En d’autres termes, il y a beaucoup d’essence et de diesel disponibles – pour l’instant.

La raison pour laquelle les prix du diesel français ont dépassé les prix de l’essence (bien qu’ils soient taxés à un taux inférieur) est que la France importe plus de diesel raffiné de Russie que d’essence. Les spéculations sur les « pénuries possibles de contrats à terme » sur le principal marché pétrolier européen à Rotterdam ont fait grimper le prix de gros des deux.

Quelqu’un gagne beaucoup d’argent avec les problèmes de gens comme mon voisin Fabrice et les pêcheurs normands qui disent qu’ils n’ont plus les moyens d’aller en mer.
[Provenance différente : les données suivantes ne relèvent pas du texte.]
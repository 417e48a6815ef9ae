//! Each call of the conductor that allocates. If an allocation fails, nothing has changed, a view shows what was published
//! before, and the repeated call succeeds.
use crate::gates::WaitsForNext;
use crate::growths::Call::{Arrive, Move, Publish, Send, SendAtOnce, Write};
use crate::lines::{first_two, opening};
use crate::rows::{Moment, OPENED, sees};
use crate::steps::MOVE;
use hc_conductor::conductor::Conductor;
use hc_conductor::seat::TaskSeat;
use hc_events::answer::{Answer, Outcome};
use hc_events::faults::CoreFault;
use hc_publish::faults::OpenFault;
use std::alloc::{AllocError, Global};
use std::sync::Wait;
use std::test::Fail;
use std::thread::Threads;

/// Room for the frame of both tasks, or for a write's.
const ROOM: usize = 60;

/// A call of the conductor, with the axis' answer.
enum Call {
    /// The first owed block is written, and the slave answers.
    Write,
    /// The outputs move to task 1.
    Move,
    /// Tasks 0 and 1 are sent, and the axis answers.
    Send,
    /// Tasks 0 and 1 are sent by a worker each, and the axis answers.
    SendAtOnce,
    /// The bytes of the arena arrive.
    Arrive,
    /// All is published.
    Publish,
}

/// The calls up to the publishing of an answer, and those after it.
const CALLS: [&[Call]; 2] = [
    &[
        Write, Arrive, Write, Arrive, Write, Arrive, Write, Arrive, Publish, Move, Write, Arrive,
        Write, Arrive, Send, Arrive, Publish,
    ],
    &[SendAtOnce, Arrive],
];

/// The view of task 0 after the publishing of the answer: its outputs are in the other task.
const MOVED: Moment = Moment {
    epoch: 1,
    data: Some(b"\x34\x0a"),
    values: &[(9, Err(1)), (1, Err(2)), (2, Ok(2612))],
};

/// Writes the first owed block into the arena, and counts it as its slave does. True if there is such a write.
fn is_written(conductor: &mut Conductor, arena: &mut [u8; ROOM]) -> bool {
    let Ok(ROOM) = conductor.next_write(arena) else {
        return false;
    };
    let counter = 26 + usize::from(arena[22]);
    if counter >= ROOM {
        return false;
    }
    arena[counter] = 1;
    true
}

/// The axis answers both tasks in one frame: inputs of 0xa34 after 26 bytes, and counters of 1 and 2.
fn answers(frames: usize, arena: &mut [u8; ROOM]) -> bool {
    arena[26] = 0x34;
    arena[27] = 0x0a;
    arena[28] = 1;
    arena[41] = 2;
    frames == 1
}

/// True if an answer is the expected one. None if an allocation failed.
fn is_answered(answer: Answer) -> Option<bool> {
    match answer {
        Answer::Refused(CoreFault::Memory) => None,
        Answer::Edited { epoch, .. } => Some(epoch == 1),
        Answer::WriteDone => Some(true),
        Answer::Answered(outcomes) => Some(matches!(
            outcomes.as_slice(),
            [
                Outcome::Inputs { task: 0, .. },
                Outcome::Inputs { task: 1, .. }
            ]
        )),
        _ => Some(false),
    }
}

/// Makes a call. True if its result is the expected one, and none if an allocation failed.
fn ask<R: Threads + Wait + Sync>(
    rt: &R,
    alloc: Global,
    conductor: &mut Conductor,
    arena: &mut [u8; ROOM],
    call: &Call,
) -> Option<bool> {
    let sent = match call {
        Call::Write => return Some(is_written(conductor, arena)),
        Call::Move => return is_answered(conductor.edit(alloc, &MOVE)),
        Call::Arrive => return is_answered(conductor.arrive(alloc, arena)),
        Call::Publish => {
            return match conductor.publish(rt, alloc) {
                Ok(()) => Some(true),
                Err(_) => None,
            };
        }
        Call::Send => conductor.send(alloc, &[0, 1], arena),
        Call::SendAtOnce => {
            conductor.send_at_once(rt, alloc, &[0, 1], arena, &WaitsForNext::shut())
        }
    };
    match sent {
        Ok(frames) => Some(answers(frames.len(), arena)),
        Err(CoreFault::Memory) => None,
        Err(_) => Some(false),
    }
}

/// The observable state of a conductor: its next serial, its owed blocks and its epoch.
fn seen(conductor: &Conductor) -> (u64, u32, u32) {
    let core = conductor.core();
    (core.next_serial(), core.owed(), core.plan().epoch())
}

/// Makes a call, and repeats it once if an allocation failed. False if a result is wrong, the failed call changed something, or
/// the seat does not see what was published before.
fn asked<R: Threads + Wait + Sync>(
    rt: &R,
    alloc: Global,
    conductor: &mut Conductor,
    arena: &mut [u8; ROOM],
    seat: TaskSeat,
    published: &Moment,
    call: &Call,
) -> (TaskSeat, Result<bool, AllocError>) {
    let before = (seen(conductor), *arena);
    if let Some(right) = ask(rt, alloc, conductor, arena, call) {
        return (seat, Ok(right));
    }
    let (seat, is_seen) = sees(seat, published);
    if !is_seen || (seen(conductor), *arena) != before {
        return (seat, Ok(false));
    }
    let again = ask(rt, alloc, conductor, arena, call).ok_or(AllocError);
    (seat, again)
}

/// True if each of these calls has its result. `published` is the moment that a seat sees if a call fails at first.
fn all_asked<R: Threads + Wait + Sync>(
    rt: &R,
    alloc: Global,
    conductor: &mut Conductor,
    arena: &mut [u8; ROOM],
    seat: TaskSeat,
    published: &Moment,
    calls: &[Call],
) -> (TaskSeat, Result<bool, AllocError>) {
    let mut seat = seat;
    for call in calls {
        let (back, right) = asked(rt, alloc, conductor, arena, seat, published, call);
        seat = back;
        if !matches!(right, Ok(true)) {
            return (seat, right);
        }
    }
    (seat, Ok(true))
}

/// True if each call has its result, and the answer is seen once it is published.
fn are_asked<R: Threads + Wait + Sync>(
    rt: &R,
    alloc: Global,
    conductor: &mut Conductor,
    seat: TaskSeat,
) -> Result<bool, AllocError> {
    let mut arena = [0; ROOM];
    let (seat, first) = all_asked(rt, alloc, conductor, &mut arena, seat, &OPENED, CALLS[0]);
    if !first? {
        return Ok(false);
    }
    let (seat, is_moved) = sees(seat, &MOVED);
    let (seat, second) = all_asked(rt, alloc, conductor, &mut arena, seat, &MOVED, CALLS[1]);
    let is_still = sees(seat, &MOVED).1;
    Ok(second? && is_moved && is_still)
}

/// The axis at its opening, opened once more if an allocation failed. None if it is refused for any other cause.
fn opened_again<R: Wait>(
    rt: &R,
    alloc: Global,
) -> Result<Option<(Conductor, Vec<TaskSeat>)>, AllocError> {
    match opening(rt, alloc) {
        Ok(opened) => Ok(Some(opened)),
        Err(OpenFault::Memory) => match opening(rt, alloc) {
            Ok(opened) => Ok(Some(opened)),
            Err(_) => Err(AllocError),
        },
        Err(_) => Ok(None),
    }
}

/// True if all calls have their results, from the opening on.
fn is_gone<R: Threads + Wait + Sync>(rt: &R, alloc: Global) -> Result<bool, AllocError> {
    let Some((mut conductor, seats)) = opened_again(rt, alloc)? else {
        return Ok(false);
    };
    let gone = match first_two(seats) {
        Some((seat, _other)) => are_asked(rt, alloc, &mut conductor, seat),
        None => Ok(false),
    };
    conductor.finish(rt);
    gone
}

/// A failed allocation changes nothing in any call of the conductor, and the repeated call succeeds.
#[test]
fn refused_growths_change_nothing(rt: HostRuntime) -> Result<(), Fail> {
    assert!(rt; is_gone(&rt, rt.alloc())?);
    Ok(())
}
Le gouvernement français – tous les gouvernements de l’UE – devrait envisager des impôts exceptionnels sur les entreprises et les particuliers qui tirent profit de la guerre en Ukraine. Les “oiligarchs” ne sont pas seulement à Moscou ou à Kensington.

Le gouvernement français pourrait commencer par TotalEnergies, ex-Total, le géant français de l’énergie, qui a réalisé des milliards d’euros de bénéfices supplémentaires grâce à la hausse des prix du pétrole sur le marché l’année dernière. TotalEnergies, contrairement à disons BP et Shell, refuse également jusqu’à présent d’abandonner ses intérêts en Russie.

Déclaration d’absence d’intérêt : J’ai une voiture électrique. Je peux passer devant les grands totems devant mon Super-U local annonçant des prix à la pompe supérieurs à 2 € le litre. Je suis heureux de voir que le président Macron prévoit d’annoncer, dans le cadre de son programme électoral, de nouvelles subventions gouvernementales pour rendre la location de voitures électriques abordable pour des personnes comme mon voisin, Fabrice.

Mais cela prendra du temps. Le gouvernement aura peut-être de la chance et les prix du pétrole continueront de baisser dans les semaines à venir. Macron et Castex seraient idiots de compter dessus.

Il faut faire plus sur les prix du carburant, et rapidement, s’il ne doit pas y avoir une rébellion de type gilet jaune dans la France provinciale ce printemps et cet été.